L’opera, posta sull’altare sotto la bifora, ha sofferto nel tempo delle sollecitazioni ambientali e delle escursioni termiche. Oggi, restaurata e dotata sul retro di una schermatura di protezione dall’irraggiamento e dalla polvere, è stata ricollocata nella cappella dove una nuova illuminazione garantisce anche una migliore leggibilità del dipinto. 

Programma della giornata:

15.00 – 15.30 Registrazione dei partecipanti (per gli architetti iscritti all’Ordine)

15.30 – 15.45 Saluti istituzionali e introduzione agli interventi:

Stefano Casciu, Direttore regionale musei della Toscana

Antonella Giorgeschi, Presidente Ordine Architetti PPC di Arezzo

Luisa Berretti, Direttrice Museo Nazionale d’Arte Medievale e Moderna, Arezzo

Rossella Sileno, Direttrice Basilica di San Francesco, Arezzo

15.45 – 17.15 Interventi:

– Giulia Basilissi, Rossella Cavigli:

Lavori di restauro al Monumento funebre di Francesco Rosselli, opera di Michele da Firenze. Restauratrice: Silvia Gualdani

– Giulia Basilissi, Rossella Sileno:

Lavori di consolidamento e restauro delle superfici lapidee esterne e delle vetrate della basilica di San Francesco. Restauratori: Sandro Ceccolini; I Mellini; Rossana Parigi; Francesca Rossi; Umberto Senserini (Soprintendenza ABAP per le province di Siena, Grosseto e Arezzo).

– Paola Ilaria Mariotti:

Intervento di messa in sicurezza e restauro delle pitture murali della parte absidale della Cappella dei Caduti. Restauratrice: Valentina Ghiso

– Rossella Cavigli:

Intervento di restauro dell’opera pittorica “Annunciazione” di Neri di Bicci. Restauratore: Marco Santi.

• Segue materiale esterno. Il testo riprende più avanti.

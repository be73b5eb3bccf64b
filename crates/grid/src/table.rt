// The table of families 6 and 7 filled column by column: first without tests, and with flags from the first column that could need them.
ghost use Rattle.std.specs.Prelude.{◌+◌};
ghost use Rattle.tables.specs.Plans.{Narrow};
ghost use Rattle.grid.specs.Grids.{BlankBy, UnflaggedBy, ColumnDoneBy, FilledToBy, UnfinishedBy, FlaggingBy, FlaggedBy, FlaggingSpanBy, FilledBy, SpansBy};

use crate::column::{column, is_small};
use crate::cone::{Ranges, ranges_of};
use crate::flags::{cell, put, total};
use crate::plan::{Grid, end_of, start_of};
use tables::Plan;

// Column x. Whether the next one can be summed without a test: two steps have no more than 2^32 walks in 32 columns, four no more than 2^60
// in 30, and eight in 20.
fn step(val: &mut [u64], g: &Grid, p: Plan, ranges: &Ranges, x: usize) -> bool
    requires unflagged { UnflaggedBy p g.now val.old x }
    requires spans_for { SpansBy p ranges.now }
    ensures { ColumnDoneBy p g.now val.new x result }
{
    let from = ranges.starts[x];
    let to = ranges.stops[x];
    if to <= from {
        return true;
    }
    let d = (x + 1) * (p.deep + p.ey + 1) + (p.deep + from);
    let n = to - from;
    if p.k <= 2 {
        column::<2>(val, g, x, d, n);
        return true;
    }
    if p.few {
        column::<4>(val, g, x, d, n);
        if x <= 30 {
            return true;
        }
        return is_small(val, d, n);
    }
    column::<8>(val, g, x, d, n);
    if x <= 20 {
        return true;
    }
    is_small(val, d, n)
}

// Column x, with a test at each sum.
fn slow(val: &mut [u64], ov: &mut [u8], g: &Grid, p: Plan, x: usize, from: usize, to: usize)
    requires { FlaggingSpanBy p g.now val.old ov.old x from to }
    ensures { FlaggedBy p g.now val.new ov.new (x + 1) }
{
    let column = (x + 1) * (p.deep + p.ey + 1);
    for y in from..to {
        let at = column + p.deep + y;
        let r = total(val, ov, g, x, at);
        put(val, ov, at, r);
    }
}

// Column x, if it has a height that matters.
fn turn(val: &mut [u64], ov: &mut [u8], g: &Grid, p: Plan, ranges: &Ranges, x: usize)
    requires flagging { FlaggingBy p g.now val.old ov.old x }
    requires spans_for { SpansBy p ranges.now }
    ensures { FlaggedBy p g.now val.new ov.new (x + 1) }
{
    let from = ranges.starts[x];
    let to = ranges.stops[x];
    if to <= from {
        return;
    }
    slow(val, ov, g, p, x, from, to);
}

// The columns that need no test; the answer is the first that is not filled.
fn fast(val: &mut [u64], g: &Grid, p: Plan, ranges: &Ranges) -> usize
    requires blank { BlankBy p g.now val.old }
    requires spans_for { SpansBy p ranges.now }
    ensures { FilledToBy p g.now val.new result }
{
    let start = start_of(p);
    val[start] = 1;
    for x in 1..p.ex + 1 {
        let small = step(val, g, p, ranges, x);
        if !small {
            return x + 1;
        }
    }
    p.ex + 1
}

// The columns from first on, with tests.
fn rest(val: &mut [u64], g: &Grid, p: Plan, ranges: &Ranges, first: usize) -> Option<u64>
    requires unfinished { UnfinishedBy p g.now val.old first }
    requires spans_for { SpansBy p ranges.now }
    ensures { FilledBy p g.now val.new result }
{
    let mut ov = [0u8; 3712];
    for x in first..p.ex + 1 {
        turn(val, &mut ov, g, p, ranges, x);
    }
    cell(val, &ov, end_of(p))
}

// All columns, by their bounds; the answer is the count at the end.
fn columns(val: &mut [u64], g: &Grid, p: Plan, ranges: &Ranges) -> Option<u64>
    requires blank { BlankBy p g.now val.old }
    requires spans_for { SpansBy p ranges.now }
    ensures { FilledBy p g.now val.new result }
{
    let next = fast(val, g, p, ranges);
    if next <= p.ex {
        return rest(val, g, p, ranges, next);
    }
    let end = end_of(p);
    let v = val[end];
    Some(v)
}

// The whole table; the answer is the count at the end.
pub(crate) fn fill(val: &mut [u64], g: &Grid, p: Plan) -> Option<u64>
    requires { BlankBy p g.now val.old × Narrow p }
    ensures { FilledBy p g.now val.new result }
{
    let ranges = ranges_of(p.wall, p.hi, p.ex, p.ey);
    columns(val, g, p, &ranges)
}
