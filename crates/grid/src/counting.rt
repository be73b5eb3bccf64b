// The count of families 6 and 7, in a table of the smallest of four sizes that has room: clearing the largest takes as long as filling a
// small one.
ghost use Rattle.std.specs.Prelude.{◌≡◌, ◌≤◌};
ghost use Rattle.tables.specs.Calls.{Countable, CountsAs};
ghost use Rattle.tables.specs.Plans.{Narrow, count_for};
ghost use Rattle.grid.specs.Grids.{LaidOut, PreparedBy};

use crate::plan::{Grid, cells_of, grid_of, plan_of};
use crate::table::fill;
use job::Refusal;
use tables::{Plan, Shape};

// How many walks lead to the plan's end, by a table of that many cells.
fn count_in<const CELLS: usize>(g: &Grid, p: Plan) -> Option<u64>
    requires { PreparedBy p g.now CELLS × (CELLS ≤ 3712) × Narrow p }
    ensures { result ≡ count_for p g.now.sa g.now.sc }
{
    let mut val = [0u64; CELLS];
    fill(&mut val, g, p)
}

// How many walks lead to the plan's end.
// kept: three functions choose a size like this: it is a const argument of what each calls, and no closure has const parameters to take it
fn count_walks(g: &Grid, p: Plan) -> Option<u64>
    requires { LaidOut p g.now }
    ensures { result ≡ count_for p g.now.sa g.now.sc }
{
    let cells = cells_of(p);
    if cells <= 128 {
        return count_in::<128>(g, p);
    }
    if cells <= 384 {
        return count_in::<384>(g, p);
    }
    if cells <= 1280 {
        return count_in::<1280>(g, p);
    }
    count_in::<3712>(g, p)
}

// The count of a job of this shape, or refusal 4.
pub(crate) fn count(shape: Option<Shape>) -> Result<u64, Refusal>
    requires { Countable shape }
    ensures { CountsAs shape result }
{
    let Some(s) = &shape else {
        return Ok(0);
    };
    let p = plan_of(s);
    let g = grid_of(s, p);
    count_walks(&g, p).ok_or(Refusal::Over)
}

17.15 – 18.00 Interventi dei presenti e dibattito; trasferimento in basilica.

18.00 –19.00 Focus sui cantieri di restauro, condotti dai restauratori presenti all’incontro davanti alle opere.

La giornata di studi è stata accreditata dall’Ordine degli Architetti di Arezzo e prevede il rilascio di n. 4 CFP per gli architetti partecipanti.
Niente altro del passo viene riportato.